Looking through the records below, please work out how many lines contain "else". Give only that number.

==============================

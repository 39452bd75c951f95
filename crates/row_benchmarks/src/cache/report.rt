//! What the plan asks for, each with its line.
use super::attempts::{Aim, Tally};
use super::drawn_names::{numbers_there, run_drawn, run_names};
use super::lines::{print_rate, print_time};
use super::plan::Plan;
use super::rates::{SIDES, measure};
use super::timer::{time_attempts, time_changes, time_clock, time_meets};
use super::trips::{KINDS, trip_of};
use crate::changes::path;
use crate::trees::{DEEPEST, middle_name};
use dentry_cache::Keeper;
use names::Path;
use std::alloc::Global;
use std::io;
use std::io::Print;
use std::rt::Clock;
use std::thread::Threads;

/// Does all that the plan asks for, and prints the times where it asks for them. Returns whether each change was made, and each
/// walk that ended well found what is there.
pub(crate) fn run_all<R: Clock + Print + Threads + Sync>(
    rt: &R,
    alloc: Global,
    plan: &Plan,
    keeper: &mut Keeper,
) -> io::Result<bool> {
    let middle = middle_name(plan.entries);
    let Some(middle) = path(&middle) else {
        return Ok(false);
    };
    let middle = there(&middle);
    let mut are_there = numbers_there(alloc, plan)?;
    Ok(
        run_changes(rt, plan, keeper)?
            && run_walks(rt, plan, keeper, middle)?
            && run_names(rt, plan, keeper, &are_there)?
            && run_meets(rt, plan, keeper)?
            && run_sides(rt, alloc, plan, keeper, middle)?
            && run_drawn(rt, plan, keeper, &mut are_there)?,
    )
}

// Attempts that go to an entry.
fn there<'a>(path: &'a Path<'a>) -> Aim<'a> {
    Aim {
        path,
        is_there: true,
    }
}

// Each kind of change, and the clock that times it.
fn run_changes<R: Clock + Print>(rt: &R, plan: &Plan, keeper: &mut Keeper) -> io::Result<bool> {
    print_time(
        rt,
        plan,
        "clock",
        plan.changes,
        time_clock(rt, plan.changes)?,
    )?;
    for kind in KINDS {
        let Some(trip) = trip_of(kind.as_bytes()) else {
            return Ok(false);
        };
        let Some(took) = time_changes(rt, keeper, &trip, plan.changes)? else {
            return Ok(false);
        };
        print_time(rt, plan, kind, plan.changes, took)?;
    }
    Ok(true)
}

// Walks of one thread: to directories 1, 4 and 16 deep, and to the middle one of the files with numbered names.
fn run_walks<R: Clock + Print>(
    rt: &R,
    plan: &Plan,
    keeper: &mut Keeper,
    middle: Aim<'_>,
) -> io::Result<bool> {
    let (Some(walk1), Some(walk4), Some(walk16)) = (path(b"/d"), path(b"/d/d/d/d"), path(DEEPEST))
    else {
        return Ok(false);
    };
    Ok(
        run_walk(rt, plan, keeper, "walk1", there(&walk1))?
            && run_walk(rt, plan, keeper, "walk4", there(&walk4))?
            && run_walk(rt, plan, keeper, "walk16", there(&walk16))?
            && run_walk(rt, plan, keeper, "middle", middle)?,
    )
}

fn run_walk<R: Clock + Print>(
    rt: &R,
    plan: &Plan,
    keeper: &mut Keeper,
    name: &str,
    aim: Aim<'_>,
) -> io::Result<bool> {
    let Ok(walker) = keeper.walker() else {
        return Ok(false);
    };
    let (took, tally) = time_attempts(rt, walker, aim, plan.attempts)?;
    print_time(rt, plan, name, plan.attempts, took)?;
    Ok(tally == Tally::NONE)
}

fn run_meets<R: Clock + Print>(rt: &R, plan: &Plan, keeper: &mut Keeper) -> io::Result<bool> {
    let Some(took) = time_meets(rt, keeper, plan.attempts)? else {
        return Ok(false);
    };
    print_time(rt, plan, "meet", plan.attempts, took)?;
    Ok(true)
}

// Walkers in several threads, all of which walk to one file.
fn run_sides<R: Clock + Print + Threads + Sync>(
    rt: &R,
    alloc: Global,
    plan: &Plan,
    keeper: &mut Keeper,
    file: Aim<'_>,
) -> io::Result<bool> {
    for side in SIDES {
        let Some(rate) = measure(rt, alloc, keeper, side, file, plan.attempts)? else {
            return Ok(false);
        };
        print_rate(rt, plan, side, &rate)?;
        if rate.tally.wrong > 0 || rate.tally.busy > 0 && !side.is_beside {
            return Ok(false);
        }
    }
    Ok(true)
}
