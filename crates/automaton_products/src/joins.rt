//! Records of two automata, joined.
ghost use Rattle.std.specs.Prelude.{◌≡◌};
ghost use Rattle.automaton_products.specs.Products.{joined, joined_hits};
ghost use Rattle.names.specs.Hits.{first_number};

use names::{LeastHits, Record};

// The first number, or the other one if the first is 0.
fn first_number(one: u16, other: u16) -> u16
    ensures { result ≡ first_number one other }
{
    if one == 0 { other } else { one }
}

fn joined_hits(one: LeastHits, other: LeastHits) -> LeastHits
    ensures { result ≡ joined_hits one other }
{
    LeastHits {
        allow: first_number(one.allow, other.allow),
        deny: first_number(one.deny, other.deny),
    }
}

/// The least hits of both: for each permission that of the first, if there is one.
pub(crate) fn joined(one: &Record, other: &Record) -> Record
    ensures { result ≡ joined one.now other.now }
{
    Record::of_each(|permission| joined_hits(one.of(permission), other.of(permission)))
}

==============================

YOUR SOLUTION
8